**Task statement**
What is needed is an exact copy of the lines in the listing below, from the one with "follow(pattern, equation.left.arrows(), part)" up to and including the one with "use crate::PatternCell;", with no other lines.

**Records for this exercise**
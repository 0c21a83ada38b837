//! Whether lists have the shape of a pattern, and few parts.

ghost use Rattle.std.specs.Prelude.{◌≡◌, ◌==◌, ◌≤◌, [], true, length, map, nat_le, sum};
ghost use Rattle.std.specs.Bool.{OnTrue};
ghost use Rattle.std.specs.List.{list_all};
ghost use Rattle.rw_schema.specs.First.{all_in};
ghost use Rattle.rw_schema.specs.Presentation.{signature_of, ends_of_arrow};
ghost use Rattle.rw_schema.specs.SchemaFaults.{has_ends};
ghost use Rattle.rw_pattern.specs.PatternFaults.{has_shape, has_length};

use crate::pattern::MOST_PARTS;
use rw_schema::{ArrowDef, Schema};

/// Whether there is one size for each object, and one row of the right length for each arrow. Cells have no part in it.
pub fn are_shaped(schema: &Schema, sizes: &[u32], rows: &[Vec<u32>]) -> bool
    ensures shape { result ≡ has_shape (signature_of schema.now) (record { sizes = sizes.now; rows = map (λ row. row.items) rows.now; cells = []; holders = [] }) }
    ensures objects { OnTrue result (length sizes.now ≤ 64) }
{
    sizes.len() == schema.objects()
        && rows.len() == schema.arrows()
        && have_lengths(schema.arrow_list(), sizes, rows)
}

/// Whether there are at most 64 parts in all.
pub fn are_few(sizes: &[u32]) -> bool
    ensures { result ≡ nat_le (sum sizes.now) 64 }
{
    let mut left = MOST_PARTS;
    for size in sizes {
        if *size > left {
            return false;
        }
        left -= *size;
    }
    true
}

/// Whether each row has one image for each part of the arrow's source.
fn have_lengths(arrows: &[ArrowDef], sizes: &[u32], rows: &[Vec<u32>]) -> bool
    requires rows { length rows.now ≡ length arrows.now }
    requires ends { list_all (has_ends (length sizes.now)) arrows.now ≡ true }
    ensures { result ≡ all_in (has_length (record { sizes = sizes.now; rows = map (λ row. row.items) rows.now; cells = []; holders = [] })) 0 (map ends_of_arrow arrows.now) }
{
    for (number, arrow) in arrows.iter().enumerate() {
        if !has_images(rows[number].as_slice(), sizes[arrow.source.0 as usize]) {
            return false;
        }
    }
    true
}

/// Whether the row has as many images as the size.
fn has_images(row: &[u32], size: u32) -> bool
    ensures { result ≡ (length row.now == size) }
{
    row.len() == size as usize
}
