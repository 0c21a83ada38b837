//! Why lists are no pattern.

ghost use Rattle.std.specs.Prelude.{◌≡◌};

use rw_schema::OutOfMemory;
use thiserror::Error;

/// Why `Pattern::build` refuses its parts: the first of these that holds.
#[derive(Clone, Copy, Debug, PartialEq, Eq, Error)]
pub enum PatternFault {
    /// There is not one size for each object and one row for each arrow, or a row has not one image for each part.
    #[error("a list has a wrong length")]
    Shape,
    /// More than 64 parts, or more than 256 entries on cells.
    #[error("a limit is passed")]
    Limit,
    /// An image is no part of its arrow's target, or an entry's part is none of its attribute's object.
    #[error("an image or a part is not there")]
    Range,
    /// The constant of the entry is of another kind than its attribute.
    #[error("a constant is of another kind than its attribute")]
    Kind { cell: u32 },
    /// The variable of the entry is not there, or is of another kind than its attribute.
    #[error("a variable is not there or is of another kind")]
    Variable { cell: u32 },
    /// The two sides of the equation lead from the part to different parts.
    #[error("an equation does not hold")]
    Equation { equation: u32, part: u32 },
    #[error("out of memory")]
    OutOfMemory,
}

impl From<OutOfMemory> for PatternFault {
    ghost use Rattle.rw_pattern.specs.declared.fault.PatternFault.TheVariants.{OutOfMemory};

    ghost from_gives = { λ _ fault. fault ≡ OutOfMemory };

    fn from(_error: OutOfMemory) -> PatternFault {
        PatternFault::OutOfMemory
    }
}
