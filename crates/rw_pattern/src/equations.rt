//! Whether the equations of a schema hold of a pattern.

ghost use Rattle.std.specs.Prelude.{◌≡◌, ◌<◌, length, true};
ghost use Rattle.rw_schema.specs.Presentation.{signature_of};
ghost use Rattle.rw_schema.specs.SchemaFaults.{has_arrows};
ghost use Rattle.rw_spec.specs.Instance.{agrees_at, follow as end_of_path};
ghost use Rattle.rw_pattern.specs.PatternFaults.{equation_fault, failure_of, has_shape};
ghost use Rattle.rw_pattern.specs.PatternLists.{instance_of_pattern};

use crate::check::entry_at;
use crate::{Pattern, PatternFault};
use rw_schema::{ArrowId, Equation, Schema};

/// The first equation and part whose two sides lead to different parts.
pub fn first_equation_fault(schema: &Schema, pattern: &Pattern) -> Option<PatternFault>
    requires { has_shape (signature_of schema.now) pattern.now ≡ true }
    ensures { result ≡ equation_fault (signature_of schema.now) pattern.now }
{
    for (place, equation) in schema.equation_list().iter().enumerate() {
        if let Some(fault) = first_failure(pattern, place as u32, equation) {
            return Some(fault);
        }
    }
    None
}

/// The first part from which the two sides of the equation lead to different parts.
fn first_failure(pattern: &Pattern, place: u32, equation: &Equation) -> Option<PatternFault>
    requires object { equation.now.object.0 < length pattern.now.sizes }
    requires left { has_arrows (length pattern.now.rows) equation.now.left ≡ true }
    requires right { has_arrows (length pattern.now.rows) equation.now.right ≡ true }
    ensures { result ≡ failure_of pattern.now place equation.now }
{
    for part in 0..pattern.size(equation.object) {
        if !agrees(pattern, equation, part) {
            return Some(PatternFault::Equation {
                equation: place,
                part,
            });
        }
    }
    None
}

/// Whether both sides of the equation lead from the part to one part.
fn agrees(pattern: &Pattern, equation: &Equation, part: u32) -> bool
    requires left { has_arrows (length pattern.now.rows) equation.now.left ≡ true }
    requires right { has_arrows (length pattern.now.rows) equation.now.right ≡ true }
    ensures { result ≡ agrees_at (instance_of_pattern pattern.now) equation.now part }
{
    follow(pattern, equation.left.arrows(), part) == follow(pattern, equation.right.arrows(), part)
}

/// Where the path leads from the part.
fn follow(pattern: &Pattern, path: &[ArrowId], part: u32) -> u32
    requires { has_arrows (length pattern.now.rows) path.now ≡ true }
    ensures { result ≡ end_of_path (instance_of_pattern pattern.now) path.now part }
{
    let mut end = part;
    for arrow in path {
        end = entry_at(pattern.row(*arrow), end);
    }
    end
}
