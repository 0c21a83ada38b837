//! Copies of a pattern's lists.

ghost use Rattle.std.specs.Prelude.{◌≡◌, IfOk, map};

use crate::PatternCell;
use rw_schema::OutOfMemory;
use std::alloc::Global;

/// A copy of each entry.
pub fn copy_entries(alloc: Global, entries: &[PatternCell]) -> Result<Vec<PatternCell>, OutOfMemory>
    ensures { IfOk result (λ copies. copies.items ≡ entries.now) }
{
    let mut copies = Vec::new(alloc);
    for entry in entries {
        copies.push(entry.copy(alloc)?)?;
    }
    Ok(copies)
}
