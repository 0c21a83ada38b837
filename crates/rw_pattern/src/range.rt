//! Whether the images and the entries of a pattern are on parts that are there.

ghost use Rattle.std.specs.Prelude.{◌≡◌, ◌<◌, true, All, length, map, nat_lt};
ghost use Rattle.std.specs.List.{list_all};
ghost use Rattle.rw_schema.specs.First.{all_in};
ghost use Rattle.rw_schema.specs.Presentation.{signature_of, ends_of_arrow};
ghost use Rattle.rw_schema.specs.Signature.{IsCategory};
ghost use Rattle.rw_pattern.specs.PatternFaults.{has_part as stands_on_part, has_shape, is_in_range, are_in_range as all_in_range};
ghost use Rattle.rw_pattern.specs.PatternLists.{holders_in};

use crate::{Pattern, PatternCell};
use rw_schema::{ArrowId, Schema};

/// Whether each image of a row and each entry's part is there.
pub fn are_in_range(schema: &Schema, pattern: &Pattern) -> bool
    requires shape { has_shape (signature_of schema.now) pattern.now ≡ true }
    requires holders { pattern.now.holders ≡ holders_in (signature_of schema.now) }
    requires attributes { All (λ entry. entry.attr.0 < length schema.now.attributes) pattern.now.cells }
    ensures value { result ≡ all_in_range (signature_of schema.now) pattern.now }
    ensures category { IsCategory (signature_of schema.now) }
{
    have_images(schema, pattern) && have_parts(schema, pattern)
}

/// Whether each image of each row is a part of the arrow's target.
fn have_images(schema: &Schema, pattern: &Pattern) -> bool
    requires { has_shape (signature_of schema.now) pattern.now ≡ true }
    ensures value { result ≡ all_in (is_in_range pattern.now) 0 (map ends_of_arrow schema.now.arrows) }
    ensures category { IsCategory (signature_of schema.now) }
{
    for (number, arrow) in schema.arrow_list().iter().enumerate() {
        if !are_below(
            pattern.row(ArrowId(number as u16)),
            pattern.size(arrow.target),
        ) {
            return false;
        }
    }
    true
}

/// Whether each image of the row is below the size.
fn are_below(row: &[u32], size: u32) -> bool
    ensures { result ≡ list_all (λ image. nat_lt image size) row.now }
{
    row.iter().all(|image| *image < size)
}

/// Whether each entry stands on a part of its attribute's object.
fn have_parts(schema: &Schema, pattern: &Pattern) -> bool
    requires shape { has_shape (signature_of schema.now) pattern.now ≡ true }
    requires holders { pattern.now.holders ≡ holders_in (signature_of schema.now) }
    requires attributes { All (λ entry. entry.attr.0 < length schema.now.attributes) pattern.now.cells }
    ensures { result ≡ list_all (stands_on_part pattern.now) pattern.now.cells }
{
    for entry in pattern.cells() {
        if !has_part(schema, pattern, entry) {
            return false;
        }
    }
    true
}

/// Whether the entry stands on a part of its attribute's object.
fn has_part(schema: &Schema, pattern: &Pattern, entry: &PatternCell) -> bool
    requires shape { has_shape (signature_of schema.now) pattern.now ≡ true }
    requires holders { pattern.now.holders ≡ holders_in (signature_of schema.now) }
    requires attribute { entry.now.attr.0 < length schema.now.attributes }
    ensures { result ≡ stands_on_part pattern.now entry.now }
{
    let object = schema.attr(entry.attr).object;
    entry.part < pattern.size(object)
}
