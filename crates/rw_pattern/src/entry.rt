//! The entries of a pattern's rows.

use rw_schema::ArrowId;

/// An entry of a pattern's row: an arrow, the place of a part of its source in a tuple, and the place of the
/// part's image.
#[derive(Clone, Copy, Debug, PartialEq, Eq)]
pub struct RowEntry {
    pub arrow: ArrowId,
    pub source: usize,
    pub target: usize,
}
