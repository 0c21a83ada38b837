//! What a pattern wants of cells.

ghost use Rattle.std.specs.Prelude.{◌≡◌, IfOk};

use rw_schema::{Atom, AttrId, OutOfMemory};
use std::alloc::Global;

/// What an entry wants its cell to hold.
#[derive(Drop)]
pub enum Want {
    /// This atom.
    Const(Atom),
    /// The value of a variable: the same atom wherever the variable stands.
    Var(u32),
}

impl Want {
    /// A copy, in memory of its own.
    pub fn copy(&self, alloc: Global) -> Result<Want, OutOfMemory>
        ensures { IfOk result (λ copy. copy ≡ self.now) }
    {
        match self {
            Want::Const(atom) => Ok(Want::Const(atom.copy(alloc)?)),
            Want::Var(variable) => Ok(Want::Var(*variable)),
        }
    }
}

/// An entry on the cell of a part: what the cell is to hold.
#[derive(Drop)]
pub struct PatternCell {
    pub attr: AttrId,
    pub part: u32,
    pub want: Want,
}

impl PatternCell {
    /// A copy, in memory of its own.
    pub fn copy(&self, alloc: Global) -> Result<PatternCell, OutOfMemory>
        ensures { IfOk result (λ copy. copy ≡ self.now) }
    {
        let want = self.want.copy(alloc)?;
        Ok(PatternCell {
            attr: self.attr,
            part: self.part,
            want,
        })
    }
}
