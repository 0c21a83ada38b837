//! Laws that tie the computed matches to maps.

ghost use Rattle.rw_schema.specs.Presentation.{signature_of};
ghost use Rattle.rw_pattern.specs.Matches.{MatchesAreMaps, MatchesAscend, ValuesAreRead};
ghost use Rattle.rw_pattern.specs.PatternFaults.{IsPatternOf};

use crate::Pattern;
use rw_schema::Schema;

/// The list of a pattern's matches has exactly the tuples that are natural maps, meet the cells by some values of the
/// variables, and are injective on monic objects, in every instance; these values are read off the tuple; and where the
/// names ascend, so do the matches, each once. The call does nothing: its contract is the law.
pub fn matches_are_maps(schema: &Schema, pattern: &Pattern, monic: &[bool])
    requires { IsPatternOf (signature_of schema.now) pattern.now }
    ensures matches { MatchesAreMaps (signature_of schema.now) pattern.now monic.now }
    ensures values { ValuesAreRead pattern.now }
    ensures ascend { MatchesAscend (signature_of schema.now) pattern.now monic.now }
{}
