//! Why images are no map of patterns.

use rw_schema::{ArrowId, ObjectId};
use thiserror::Error;

/// Why `check_map` refuses images: the first of these that holds, at its least place.
#[derive(Clone, Copy, Debug, PartialEq, Eq, Error)]
pub enum MapFault {
    /// An object has not one image for each part.
    #[error("a list has a wrong length")]
    Shape,
    /// The image of the part is no part of the other pattern.
    #[error("an image is not there")]
    Range { object: ObjectId, part: u32 },
    /// The map does not commute with the arrow at the part.
    #[error("the map does not commute with an arrow")]
    NotNatural { arrow: ArrowId, part: u32 },
}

**Output for this exercise**
    follow(pattern, equation.left.arrows(), part) == follow(pattern, equation.right.arrows(), part)
}

/// Where the path leads from the part.
fn follow(pattern: &Pattern, path: &[ArrowId], part: u32) -> u32
    requires { has_arrows (length pattern.now.rows) path.now ≡ true }
    ensures { result ≡ end_of_path (instance_of_pattern pattern.now) path.now part }
{
    let mut end = part;
    for arrow in path {
        end = entry_at(pattern.row(*arrow), end);
    }
    end
}
repository 0c21a83ada38b837
//! Copies of a pattern's lists.

ghost use Rattle.std.specs.Prelude.{◌≡◌, IfOk, map};

use crate::PatternCell;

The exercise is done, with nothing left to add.